# spinning suger



## shahed (Dec 22, 2005)

Hi guys,

As this is my first post let me begin by congratulating you all on this fantastic site. I must admit i have found some really intresting reads on here. Anyways to my question...

I am making a dessert on xmas eve and i would really like to use some spun suger as a garnish. Has any1 got a link or a good recipe/method for me. Ive never done this but if im not mistaken its pretty staight forward.

thanks all

shahed


----------



## markdavis6 (Dec 22, 2005)

makes 3 cups(720 ml) or 1 pound, 8 ounces(680g)
__________________________________________

1 cup (240 ml) water
2 pounds, 8 ounces (1 kg, 135 g) sanding or granulated sugar
8 ounces (225 g) glucose or light corn syrup
food color, optional

This recipe is used for Spun Sugar. Make sure that your sugar and tools are absolutely clean. Scoop the top layer of sugar to one side in the bin before taking out what you need. Try to use sanding sugar if possible. And never use the flour scoop when measuring the sugar!

It is important to use glucose when boiling sugar, it helps prevent recrystallization.

1. Fill a bowl that is large enough to hold the pan used to cook the sugar with enough cold water to reach halfway up thesides of the pan. Set the bowl of water aside.

2. Place the water and sugar in a sugar pan or a heavy saucepan. Stir the mixture gently over low heat until all of the sugar has dissolved and the syrup has started to boil. If any scum accumulates on top from impurities in the sugar, remove it with a skimmer or small sieve so that it does not cause the sugar to recrystallize later. Add the glucose or corn syrup, stirring until it is thoroughly mixed in. Do not stir any further after this point.

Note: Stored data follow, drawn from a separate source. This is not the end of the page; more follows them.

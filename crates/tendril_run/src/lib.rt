//! Commands on tables of texts, in one thread or in many.
//!
//! In contracts a table is a list of independent cells, though its texts may share blocks. A command changes the cell
//! that it names, adds one, or both; all others stay as they are.
#![tactic(auto)]

mod change;
mod classifier;
mod command_table;
mod gate;
mod slot;
mod table;
mod table_lines;
mod text;
mod workers;

pub use classifier::{Classifier, WhiteSpace};
pub use command_table::{CommandTable, run_commands};
pub use gate::Gate;
pub use slot::Slot;
pub use table::{Table, run};
pub use table_lines::TableLines;
pub use tendril_lines::{
    ByteEdit, ByteList, Change, Command, Comparison, Conversion, Edit, Kind, Reply, UnitList,
    parse_line, print_reply,
};
pub use workers::{Job, Outcome, run_tables};
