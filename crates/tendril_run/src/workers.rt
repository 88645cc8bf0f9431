//! A thread for each table.
ghost use Rattle.std.specs.Prelude.{◌≡◌, ◌≤◌, ◌+◌, [], IfOk, IfErr, IfSome, MatchOption, vec_len, vec_capacity};
ghost use Rattle.std.specs.List.{AllZip};
ghost use Rattle.tendril_run.specs.Chains.{Worked};
ghost use Rattle.tendril_run.specs.Jobs.{JobEnds, IsBegun};
ghost use Rattle.tendril_run.specs.Steps.{Step};

use crate::classifier::Classifier;
use crate::command_table::run_behind;
use crate::gate::Gate;
use crate::table::Table;
use std::alloc::Global;
use std::marker::Send;
use std::snapshot::Snapshot;
use std::thread;
use std::thread::{Promise, PromisedHandle, Threads};
use tendril_lines::{Command, Reply};
use tendril_text::Atomic;
use tendril_text::block::Refusal;

/// The job of one worker: commands on its own table, whose texts may share blocks with those of other tables.
#[derive(Drop)]
pub struct Job<C, G> {
    pub table: Table<Atomic>,
    pub commands: Vec<Command>,
    pub class: C,
    pub gate: G,
}

/// How a job ended.
#[derive(Drop)]
pub enum Outcome {
    /// The table after all commands, and one reply each.
    Done(Table<Atomic>, Vec<Reply>),
    /// There was no memory for the replies or the slots. The table is as before.
    Refused(Table<Atomic>, Refusal),
    /// No thread could be started. The table was dropped.
    NotStarted,
}

// What a worker returns.
type Ending = (Table<Atomic>, Result<Vec<Reply>, Refusal>);

// The worker's promise: it returns the ending of this job.
#[derive(Drop)]
struct EndingOf<C, G>(Snapshot<Job<C, G>>);

impl<C: Classifier, G> Promise<Ending> for EndingOf<C, G> {
    ghost kept_by = { λ p r. let job = p.0.value in
        Worked (Step (C.class job.class)) (λ v. v.items) job.table.cells job.commands.items r.0.cells r.1 };
}

// None if no thread could be started.
type Worker<C, G> = Option<PromisedHandle<Ending, EndingOf<C, G>>>;

/// Runs each job in its own thread, and returns the outcomes in the order of the jobs.
///
/// Capacity for the threads' handles and the outcomes is reserved before the first thread is started. If that fails,
/// `run_tables` returns Memory with the jobs. Later errors are outcomes of single jobs. All threads are started before
/// the first is joined.
pub fn run_tables<
    R: Threads,
    C: Classifier + Send + Drop + 'static,
    G: Gate + Send + Drop + 'static,
>(rt: &R, alloc: Global, jobs: Vec<Job<C, G>>) -> Result<Vec<Outcome>, (Refusal, Vec<Job<C, G>>)>
    ensures ok { IfOk result (λ outcomes.
        AllZip (λ j o. JobEnds (C.class j.class) j.table.cells j.commands.items o) jobs.items outcomes.items) }
    ensures refusal { IfErr result (λ e. e.0 ≡ Refusal.Memory) }
    ensures back { IfErr result (λ e. e.1 ≡ jobs) }
{
    let mut workers = Vec::new(alloc);
    let mut outcomes = Vec::new(alloc);
    if workers.reserve(jobs.len()).is_err() || outcomes.reserve(jobs.len()).is_err() {
        return Err((Refusal::Memory, jobs));
    }
    let workers = start_all(rt, jobs, workers);
    Ok(join_all(rt, workers, outcomes))
}

// A worker for each job.
fn start_all<R: Threads, C: Classifier + Send + Drop + 'static, G: Gate + Send + Drop + 'static>(
    rt: &R,
    jobs: Vec<Job<C, G>>,
    mut workers: Vec<Worker<C, G>>,
) -> Vec<Worker<C, G>>
    requires empty { workers.items ≡ [] }
    requires room { vec_len workers + vec_len jobs ≤ vec_capacity workers }
    ensures each { AllZip (λ j w. IfSome w (λ h. h.promise.0.value ≡ j)) jobs.items result.items }
    ensures len { vec_len result ≡ vec_len workers + vec_len jobs }
{
    for job in jobs {
        let worker = start(rt, job);
        workers.push_reserved(worker);
    }
    workers
}

fn start<R: Threads, C: Classifier + Send + Drop + 'static, G: Gate + Send + Drop + 'static>(
    rt: &R,
    job: Job<C, G>,
) -> Worker<C, G>
    ensures { IfSome result (λ h. h.promise.0.value ≡ job) }
{
    thread::spawn_with(rt, EndingOf(Snapshot::of(&job)), move || work(job)).ok()
}

// Runs in the worker's thread.
fn work<C: Classifier + Drop, G: Gate + Drop>(job: Job<C, G>) -> Ending
    ensures { Worked (Step (C.class job.class)) (λ v. v.items) job.table.cells job.commands.items result.0.cells
        result.1 }
{
    let Job {
        mut table,
        commands,
        class,
        gate,
    } = job;
    let replies = run_behind(&mut table, commands.as_slice(), &class, &gate);
    (table, replies)
}

// The outcome of each worker: NotStarted only if its thread wasn't started.
fn join_all<R: Threads, C: Classifier, G>(
    rt: &R,
    workers: Vec<Worker<C, G>>,
    mut outcomes: Vec<Outcome>,
) -> Vec<Outcome>
    requires empty { outcomes.items ≡ [] }
    requires room { vec_len outcomes + vec_len workers ≤ vec_capacity outcomes }
    ensures { AllZip (λ w o. MatchOption w (o ≡ Outcome.NotStarted)
        (λ h. let job = h.promise.0.value in JobEnds (C.class job.class) job.table.cells job.commands.items o
        × IsBegun o))
        workers.items result.items }
{
    for worker in workers {
        let outcome = join(rt, worker);
        outcomes.push_reserved(outcome);
    }
    outcomes
}

fn join<R: Threads, C: Classifier, G>(rt: &R, worker: Worker<C, G>) -> Outcome
    ensures { MatchOption worker (result ≡ Outcome.NotStarted)
        (λ h. let job = h.promise.0.value in JobEnds (C.class job.class) job.table.cells job.commands.items result
        × IsBegun result) }
{
    match worker {
        Some(handle) => match handle.join(rt) {
            (table, Ok(replies)) => Outcome::Done(table, replies),
            (table, Err(refusal)) => Outcome::Refused(table, refusal),
        },
        None => Outcome::NotStarted,
    }
}
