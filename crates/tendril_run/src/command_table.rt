//! Tables that carry out commands, one after another.
ghost use Rattle.std.specs.Prelude.{◌≡◌, IfOk, IfErr, OnErr};
ghost use Rattle.tendril_run.specs.Chains.{Chain, Worked};

use crate::classifier::Classifier;
use crate::gate::{Gate, Open};
use std::alloc::Global;
use tendril_lines::LineCommand;
use tendril_text::block::Refusal;

/// A table that carries out commands. Each command and each reply has a line.
pub trait CommandTable: Drop {
    ghost use Rattle.std.specs.Prelude.{◌≡◌, ◌≤◌, ◌+◌, ℕ, List, IfOk, IfErr, OnOk, string_bytes};
    ghost use Rattle.tendril_errors.specs.declared.refusal.Refusal.{Refusal};

    type Command: LineCommand;

    type Reply: Drop;

    /// What commands read and change, for contracts.
    ghost Cells: { Type 0 };

    /// The cells of a table.
    ghost cells: { Self → Cells };

    /// The cells of an empty table.
    ghost no_cells: { Cells };

    /// How many commands the table has capacity for.
    ghost room: { Self → ℕ };

    /// `step class old command reply new`: from the cells `old` the command leads to the cells `new`, with this reply.
    /// `class` sorts characters.
    ghost step: { (ℕ → ℕ) → Cells → Self.Command → Self.Reply → Cells → Type 0 };

    /// The reply to a command that returned this error.
    ghost refused: { Refusal → Self.Reply };

    /// The line of a reply.
    ghost printed: { Self.Reply → List ℕ };

    /// Returns an empty table. Allocates nothing.
    fn empty(alloc: Global) -> Self
        ensures { cells result ≡ no_cells };

    /// Returns the allocator that the table was created with.
    fn allocator(&self) -> Global;

    /// Reserves capacity for what `more` commands may add. The only error is Memory.
    fn reserve(&mut self, more: usize) -> Result<(), Refusal>
        ensures room { OnOk result (more ≤ room self.new) }
        ensures cells { cells self.new ≡ cells self.old }
        ensures refusal { IfErr result (λ r. r ≡ Refusal.Memory) };

    /// Carries out one command and returns its reply. The table must have capacity for what it may add.
    fn step<C: Classifier>(&mut self, command: &Self::Command, classifier: &C) -> Self::Reply
        requires { 1 ≤ room self.old }
        ensures step { step (C.class classifier.now) (cells self.old) command.now result (cells self.new) }
        ensures room { room self.old ≤ room self.new + 1 };

    /// Returns the reply for this error.
    fn refused(refusal: Refusal) -> Self::Reply
        ensures { result ≡ refused refusal };

    /// Returns a reply's line, without its line feed. The only error is Memory.
    fn print(alloc: Global, reply: &Self::Reply) -> Result<String, Refusal>
        ensures printed { IfOk result (λ text. string_bytes text ≡ printed reply.now) }
        ensures refusal { IfErr result (λ r. r ≡ Refusal.Memory) };
}

/// Carries out commands in order, as `run` does on texts, and returns one reply per command.
///
/// Capacity for all replies and for what commands may add is reserved before the first command. If that fails,
/// `run_commands` returns Memory and changes nothing.
pub fn run_commands<T: CommandTable, C: Classifier>(
    table: &mut T,
    commands: &[T::Command],
    classifier: &C,
) -> Result<Vec<T::Reply>, Refusal>
    ensures run { IfOk result (λ replies. Chain (T.step (C.class classifier.now))
        (T.cells table.old) commands.now replies.items (T.cells table.new)) }
    ensures refusal { IfErr result (λ r. r ≡ Refusal.Memory) }
    ensures err { OnErr result (T.cells table.new ≡ T.cells table.old) }
{
    run_behind(table, commands, classifier, &Open)
}

/// Like `run_commands`, and calls the gate before each command.
pub(crate) fn run_behind<T: CommandTable, C: Classifier, G: Gate>(
    table: &mut T,
    commands: &[T::Command],
    classifier: &C,
    gate: &G,
) -> Result<Vec<T::Reply>, Refusal>
    ensures { Worked (T.step (C.class classifier.now)) (λ v. v.items)
        (T.cells table.old) commands.now (T.cells table.new) result }
{
    let mut replies = Vec::new(table.allocator());
    replies.reserve(commands.len())?;
    table.reserve(commands.len())?;
    for (place, command) in commands.iter().enumerate() {
        gate.before(place);
        let reply = table.step(command, classifier);
        replies.push_reserved(reply);
    }
    Ok(replies)
}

3. Turn the heat to medium, place a lid on the pan, and let the sugar boil hard for a few minutes. The steam trapped inside the pan will wash down the sugar crystals that form on the sides of the pan at this stage. Or you can wash down the sides using a clean brush dipped in water instead (the brush should be dedicated to use in sugar boiling). At this point if you can store and finish cooking in smaller portions as needed if you are not going to use the full batch.

4. Place a sugar thermometer in the pan. When the temperature reaches 265 degrees (130 C), add the coloring if it is being used. Stop brushing and boil the sugar to 310 degrees (155 C), the hard crack stage. (Note: It is a good idea, especially if you are boiling a large amount of sugar, to remove the pan from the heat a few degrees before it reaches 310 degrees (155C), watch the mercury rise to the required temperature off the heat, then plunge the pan into cold water.) Immediately remove from the heat and plunge the bottom of the pan into cold water for a few seconds to stop the cooking process and cool the sugar a little. Take the pan out of the water and let the syrup stand until slightly thickened before you start to spin to prevent too many drops falling off the whish during the spinning process. Do not stir the sugar.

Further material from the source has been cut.